Leanne Tobin is descended from the Boorooberongal of the Hawkesbury River, (what we know as the Derrubbin) and the Warmali clan of the Darug (Prospect area). She is from a long line of storytellers and her art is an extension of that role. The Institute and the Black’s Town is part of her family story.

Daniel Boyd A Shift in Paradigm Takes Time Oil paint, archival glue on linen, found rock engraving, cardboard Size variable

‘A Shift in Paradigm Takes Time’ is about the complexities inherent in cross cultural interaction throughout Australian history. Standing on the land opposite the Native Institute gave me the best sense of the period in history and transported me back to the time when the land was given to Colebee and Nurragingy from Governor Macquarie, the first Aboriginal land grant in Australia. I also felt the choice of land was strategic with a large and very important silcrete deposit as well as the proximity to the Native Institute. The composite image is made of multiple lenses, looking at landscape’s residual memory and the memory of the relationship between Colebee and Governor Macquarie and how multiple perspectives make up our knowledge of landscape and the people in it.

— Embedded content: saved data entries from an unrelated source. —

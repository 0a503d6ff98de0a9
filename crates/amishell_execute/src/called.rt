//! Where the scripts that a run would call are on this machine.

use crate::beginning::{Beginning, if_possible};
use crate::faults::Fault;
use crate::origins_of;
use crate::script_places::script_places;
use ados_find::{Lookup, Refusal, find_file, place_of};
use ados_ram::{Limits, Place, Ram};
use ados_text::{NoMemory, Text};
use ados_trace::ScriptNames;
use ados_transfer::{Plan, TransferFault, bring_script, contents_of, is_shell_script, read_script};
use execute_options::Options;
use std::alloc::Global;
use std::rt::{Env, Files};
use std::time::Clock;

/// What a name in a script leads to.
#[derive(Drop)]
pub enum Found {
    /// A script, which is the file at this path of this machine.
    Script(String),
    /// Anything else, or what is not known before the script runs.
    Other,
    /// Nothing.
    Nothing,
}

/// What the scripts of the command line find at the beginning.
#[derive(Drop)]
pub struct Called<'a> {
    options: &'a Options<'a>,
    beginning: Beginning,
    // The scripts of the command line, each by its path and its place in S:.
    scripts: Vec<(&'a str, Place)>,
}

impl<'a> Called<'a> {
    /// What those of a run with these options find.
    pub fn of<R: Env + AllocGlobal + Files + Clone + Drop + Clock>(
        rt: &R,
        options: &'a Options<'a>,
    ) -> Result<Called<'a>, Fault> {
        let mut called = Called {
            options,
            beginning: Beginning::of(rt, options)?,
            scripts: Vec::new(rt.alloc()),
        };
        called.add_script(rt, options.script)?;
        for path in &options.args {
            called.add_script(rt, path)?;
        }
        Ok(called)
    }

    // Adds a script of the command line: each is brought in alone, as if it were the only one.
    fn add_script<R: AllocGlobal + Files>(&mut self, rt: &R, path: &'a str) -> Result<(), Fault> {
        let files = Ram::new(rt.alloc())?;
        let mut plan = Plan::new(rt.alloc(), self.options.mirror.limits, &files)?;
        if let Some(place) = if_possible(bring_script(rt, &files, path, &[], &mut plan))? {
            self.scripts.push((path, place))?;
        }
        Ok(())
    }

    /// What Execute finds under a name. `caller` is the path of the script in which it stands, if that is one of the command line.
    pub fn find_script<R: AllocGlobal + Files>(
        &self,
        rt: &R,
        name: &Text,
        caller: Option<&str>,
    ) -> Result<Found, Fault> {
        let beginning = &self.beginning;
        let (state, directory) = (&beginning.state, &beginning.directory);
        for place in script_places(rt.alloc(), &state.assigns, &state.ram, directory, name)? {
            if let Some(found) = self.look(rt, &place, caller)? {
                return Ok(found);
            }
        }
        Ok(self.missing(name))
    }

    /// What is found under the word of a command, which is none of the Shell's own.
    pub fn find_command<R: AllocGlobal + Files>(
        &self,
        rt: &R,
        word: &Text,
    ) -> Result<Found, Fault> {
        let beginning = &self.beginning;
        let directory = &beginning.directory;
        match find_file(rt.alloc(), word, &beginning.state, directory, &[])? {
            ados_find::Found::Script(place) => self.command_at(rt, &place),
            ados_find::Found::Unknown if self.is_in_c(rt.alloc(), word)? => Ok(Found::Nothing),
            ados_find::Found::Unknown => Ok(self.missing(word)),
            _ => Ok(Found::Other),
        }
    }

    // What Execute finds at a place, if an object is there.
    fn look<R: AllocGlobal + Files>(
        &self,
        rt: &R,
        place: &Place,
        caller: Option<&str>,
    ) -> Result<Option<Found>, Fault> {
        if self.is_own(place, caller) {
            return Ok(Some(Found::Other));
        }
        match self.beginning.state.ram.look(place) {
            None => Ok(None),
            Some(entry) if entry.is_directory() => Ok(Some(Found::Nothing)),
            Some(_) => Ok(Some(self.file_at(rt, place)?)),
        }
    }

    // The place to which a path leads, if it leads to one.
    fn place(&self, alloc: Global, path: &Text) -> Result<Option<Place>, NoMemory> {
        let beginning = &self.beginning;
        found_place(place_of(alloc, &beginning.state, &beginning.directory, path))
    }

    // The place is that of a script of the command line: of the caller, if that is one.
    fn is_own(&self, place: &Place, caller: Option<&str>) -> bool {
        self.scripts.iter().any(|(path, own)| *own == *place
            && caller.is_none_or(|caller| caller == *path))
    }

    // The file at a place, by the path that a run gives it; the Shell's own ones are on no machine.
    fn file_at<R: AllocGlobal + Files>(&self, rt: &R, place: &Place) -> Result<Found, Fault> {
        let beginning = &self.beginning;
        let planned = beginning.plan.planned();
        if !self.is_shared(place) && !planned.iter().any(|one| one.place == *place) {
            return Ok(Found::Other);
        }
        let origins = origins_of(rt, self.options, &beginning.plan, beginning.share.as_ref())?;
        let path = beginning.state.ram.full_path(place)?;
        Ok(Found::Script(origins.name(&path)?))
    }

    // The same of a file with bit s, which one of a shared folder has only if its bytes are those of a script too.
    fn command_at<R: AllocGlobal + Files>(&self, rt: &R, place: &Place) -> Result<Found, Fault> {
        let found = self.file_at(rt, place)?;
        if let Found::Script(path) = &found
            && self.is_shared(place)
            && !is_script(rt, self.options.mirror.limits, path.as_str())?
        {
            return Ok(Found::Other);
        }
        Ok(found)
    }

    // A path leads into C:.
    fn is_in_c(&self, alloc: Global, path: &Text) -> Result<bool, NoMemory> {
        let Some(place) = self.place(alloc, path)? else {
            return Ok(false);
        };
        Ok(match place.names() {
            [first, _, ..] => first.text().is("C"),
            _ => false,
        })
    }

    // The place is that of a shared folder, or below it.
    fn is_shared(&self, place: &Place) -> bool {
        match &self.beginning.share {
            Some(share) => share.volumes().iter().any(|volume| volume.has(place)),
            None => false,
        }
    }

    // What is said of a name under which nothing is: what is on another device, or above a shared folder, may be made first.
    fn missing(&self, name: &Text) -> Found {
        let bytes = name.as_bytes();
        let is_above = bytes.starts_with(b"/") && self.beginning.share.is_some();
        if is_above || bytes.contains(&b':') {
            Found::Other
        } else {
            Found::Nothing
        }
    }
}

/// A place that was looked up, if there is one.
pub fn found_place(found: Lookup<Place>) -> Result<Option<Place>, NoMemory> {
    match found {
        Ok(place) => Ok(Some(place)),
        Err(Refusal::NoMemory) => Err(NoMemory),
        Err(Refusal::Stopped(_)) => Ok(None),
    }
}

/// The bytes of a script that is called, as they are in its file. The fault of one that is too large, or can't be read, is that of a script
/// of the command line.
pub fn called_bytes<R: AllocGlobal + Files>(
    rt: &R,
    limits: Limits,
    path: &str,
) -> Result<Vec<u8>, TransferFault> {
    match contents_of(rt, path, limits.file()) {
        Ok(bytes) if bytes.len() <= limits.file() => Ok(bytes.to_vec(rt.alloc())?),
        _ => read_script(rt, limits, path),
    }
}

// The bytes of a file of a shared folder are those of a script.
fn is_script<R: AllocGlobal + Files>(rt: &R, limits: Limits, path: &str) -> Result<bool, Fault> {
    match if_possible(called_bytes(rt, limits, path))? {
        Some(bytes) => Ok(is_shell_script(&bytes)),
        None => Ok(false),
    }
}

Daniel Boyd was born in 1982 in Cairns and studied at the National Art School in Canberra. His work has been exhibited nationally and internationally since 2005 and is held in major public collections in Australia and the UK. Daniel Boyd is represented by Roslyn Oxley 9 Gallery, Sydney and Kaliman/Rawlins, Melbourne.

Jason Wing 28 December (Within Arm’s Reach) Fabric, metal frames, single channel projection Size variable

Double Crossing Aluminium sign, vinyl 134 x 130 cm

During my research I came across an article describing the Institute’s open wooden fencing as a structure that ‘facilitated the desire of Aboriginal parents to watch their children at work and play’. When I first visited the Native Institute, I was haunted by these visions of mothers, fathers, uncles and aunties setting up provisional camps along the perimeter of the site, patiently waiting for weeks on end, in the hope of catching a glimpse of their child. Allowed to see their children for just one day each year, the 28th of December, the ghostly images of these broken parents in their makeshift lean-to’s remain etched in my mind. In ‘Double Crossing’ I have transformed a railway crossing sign into a Christian cross. Missions such as the Native Institute mark a very particular and poignant moment in our history, where two vastly different cultural ideologies came to a head. Rather than carving out a space for both Aboriginal and non-Aboriginal people to exercise their cultural and spiritual beliefs, Christian missionaries attempted to reduce Aboriginal culture until it was virtually invisible. Misled to believe that they would receive eternal salvation if they entrusted their lives in god and abandoned the ‘old way’, Aboriginal people were ultimately betrayed by White Australia.

Jason Wing is a Sydney-based artist of both Chinese and Aboriginal heritage. Born in 1977, Wing’s formative years were spent immersed in Asian cultures in the western Sydney suburb of Cabramatta.